Some other notable manufacturers have gone recently with less recurve. When I asked one developer recently why's that they markedly said that they got so much feedback that those limbs felt "funny" and their prostaffers weren't comfortable with them as they wanted more solid feeling at full draw. I think they have something in that, as the limb I'm currently shooting has least recurve from my limbs, and even then it's one of the smoothest and pretty quick at that.

Having said that, yesterday I was at field, looking at one archer who started to train with a loaned set of hex5's and he seemed happy with them, shooting 335 at 60m out of box. But he has very short draw for 68" limb, so he didn't get that strange lumpy feeling that long draw archers seem to report with them.


----------



## Borderbows (Apr 4, 2009)

zal said:


> Dropping that much weight will destroy my release. 48# is still 48# at full draw, no matter how you reach it.
> 
> I don't really have anything positive to say about hex limbs as I dropped hugely points when I tried to shoot them, even XP10 are too "curvy" for me. 1995-1996 era Carbons I think are the last really good limb you've made
> 
> ...



Your getting better feed back than we are.
and we sell 78% of our product direct. no dealers, and no distributers...

we have only sold 4-5 sets into finland.
though ive no idea whats going on ebay.

Check out the ILF longbow limbs, they have no recurve...


----------



## Borderbows (Apr 4, 2009)

Zal, How do Hex limbs get a reputation for being the smoothest limbs out there, and you have a local anomally in a "lumpy" feel.

Have a look at Limb walkers DFC, and just have a look at it.
can you point out the lump in this DFC
From LW: post, the limsb with the heighest initial lift is the Hoyt limbs. We just continue the trend, while the hoyt limb changes its mood quite early, and then starts to stack... thats is 3 areas of energy. we only have 1.5 areas. Please explain this lumpy feeling.

Could it be said that we have the MOST linear energy storeage of any bow? since we dont have stack... ie, no lumps.

Im sure Hank, or some other maths boffin can proove this one from the bows in thier hands, rather than my data


----------



## John_K (Oct 30, 2011)

gpb - Thank you! That does sound reassuring. Sounds like a fantastic set up you have there.

Limb feel - I understand Limbwalker's point exactly. With it being an Olympic year he doesn't want to chop and change. However, for those of us without such lofty considerations, it doesn't take all that much to get used to the way a different limb feels. For a little while I used to swap between a set of XP10s and TX40 Golds, and while the difference was always noticable at first, it was easy enough to adapt to.

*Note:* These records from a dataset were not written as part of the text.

ghost use Rattle.std.specs.Prelude.{◌≡◌, IfOk, map};
ghost use Rattle.clause_form.specs.ClauseView.{closed, closed_by as closed_over, form_of_atom as atom_form};
ghost use Rattle.clause_form.specs.ClauseView.{form_of_lit as lit_form, form_of_lits as lits_form};

use crate::clause::{AtomOf, Clause, Lit};
use fof_terms::{Form, SortId, copy_terms};
use std::alloc::Global;
use tptp_base::{Boxed, List, Memory};

/// All of the clause's sorts, the first outermost, over the literal where there is exactly one, else over the Or of the
/// literals.
pub fn close(alloc: Global, clause: &Clause) -> Result<Form, Memory>
    ensures { IfOk result (λ form. form ≡ closed clause.now) }
{
    let body = form_of_lits(alloc, clause.lits.as_slice())?;
    closed_by(alloc, clause.sorts.as_slice(), body)
}

// All of these sorts over the formula, the first outermost.
fn closed_by(alloc: Global, sorts: &[SortId], body: Boxed<Form>) -> Result<Form, Memory>
    ensures { IfOk result (λ whole. whole ≡ closed_over sorts.now body) }
{
    let mut whole = body;
    for i in 0..sorts.len() {
        let sort = sorts[sorts.len() - 1 - i];
        whole = Boxed::new(alloc, Form::All(sort, whole))?;
    }
    Ok(whole.into_inner())
}

// The literal alone, or the Or of the literals.
fn form_of_lits(alloc: Global, lits: &[Lit]) -> Result<Boxed<Form>, Memory>
    ensures { IfOk result (λ form. form ≡ lits_form lits.now) }
{
    if lits.len() == 1 {
        return Ok(Boxed::new(alloc, form_of_lit(alloc, &lits[0])?)?);
    }
    let members = forms_of_lits(alloc, lits)?;
    Ok(Boxed::new(alloc, Form::Or(members))?)
}

/// The formulas that the literals stand for.
pub fn forms_of_lits(alloc: Global, lits: &[Lit]) -> Result<List<Form>, Memory>
    ensures { IfOk result (λ forms. forms ≡ map lit_form lits.now) }
{
    let mut forms = List::new(alloc);
    for lit in lits {
        forms.push(form_of_lit(alloc, lit)?)?;
    }
    Ok(forms)
}

/// The formula that the literal stands for.
pub fn form_of_lit(alloc: Global, lit: &Lit) -> Result<Form, Memory>
    ensures { IfOk result (λ form. form ≡ lit_form lit.now) }
{
    if lit.positive {
        return form_of_atom(alloc, &lit.atom);
    }
    Ok(Form::Not(Boxed::new(alloc, form_of_atom(alloc, &lit.atom)?)?))
}

/// The formula that the atom stands for.
pub fn form_of_atom(alloc: Global, atom: &AtomOf) -> Result<Form, Memory>
    ensures { IfOk result (λ form. form ≡ atom_form atom.now) }
{
    match atom {
        AtomOf::Pred(symbol, args) => Ok(Form::Atom(*symbol, copy_terms(alloc, args.as_slice())?)),
        AtomOf::Eq(left, right) => Ok(Form::Eq(left.copy(alloc)?, right.copy(alloc)?)),
        AtomOf::True => Ok(Form::And(List::new(alloc))),
        AtomOf::False => Ok(Form::Or(List::new(alloc))),
    }
}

I suppose if the weight does come in a little earlier it may affect the way the pre-draw feels and how you load the back muscles. You can either adapt, or choose not to, it all comes down to individual preferences 

As for differences between the XP10 limb shape and the slightly older Border carbons, I don't seem to recall there being any. The XP10 used a typical recurve shape, and it was only when Border decided to transpose the older Black Douglas limb shape to their ILF offerings that the shape began to evolve. I'm sure Sid can correct me if I'm wrong


----------



## DK Lieu (Apr 6, 2011)

John_K said:


> Limb feel - I understand Limbwalker's point exactly. With it being an Olympic year he doesn't want to chop and change. However, for those of us without such lofty considerations, it doesn't take all that much to get used to the way a different limb feels. For a little while I used to swap between a set of XP10s and TX40 Golds, and while the difference was always noticable at first, it was easy enough to adapt to.
> 
> I suppose if the weight does come in a little earlier it may affect the way the pre-draw feels and how you load the back muscles. You can either adapt, or choose not to, it all comes down to individual preferences


Agree completely. I mentioned earlier that it took me a few weeks to get used to the feel of the HEX 6. I should add that "a few weeks" is for a weekend warrior in his mid 50's. I'm usually on the field only a couple of times a week. I'm sure that a more dedicated shooter could get used to a different draw-force curve much quicker. The HEX 6 feels completely natural to me now, and I've shot some really good groups with them. But "feel" is entirely subjective. I did put my old limbs back on my riser for a short while, just to compare them to the Border limbs. After getting used to the HEX 6, it's my old limbs that now feel strange. In particular, I now find the stacking of my old limbs to be intolerable. Also, I would find it hard to give up the extra 13 ft/sec, with less holding weight, that I am now enjoying.


----------



## zal (May 1, 2007)

John_K said:


> As for differences between the XP10 limb shape and the slightly older Border carbons, I don't seem to recall there being any. The XP10 used a typical recurve shape, and it was only when Border decided to transpose the older Black Douglas limb shape to their ILF offerings that the shape began to evolve. I'm sure Sid can correct me if I'm wrong


I have a pair of original XP10's and a pair of Carbofast-branded border limbs. Of the two, there aren't really noticeable differences in profile, but the carbofast-limb is wider. And there is a distinctive feel difference.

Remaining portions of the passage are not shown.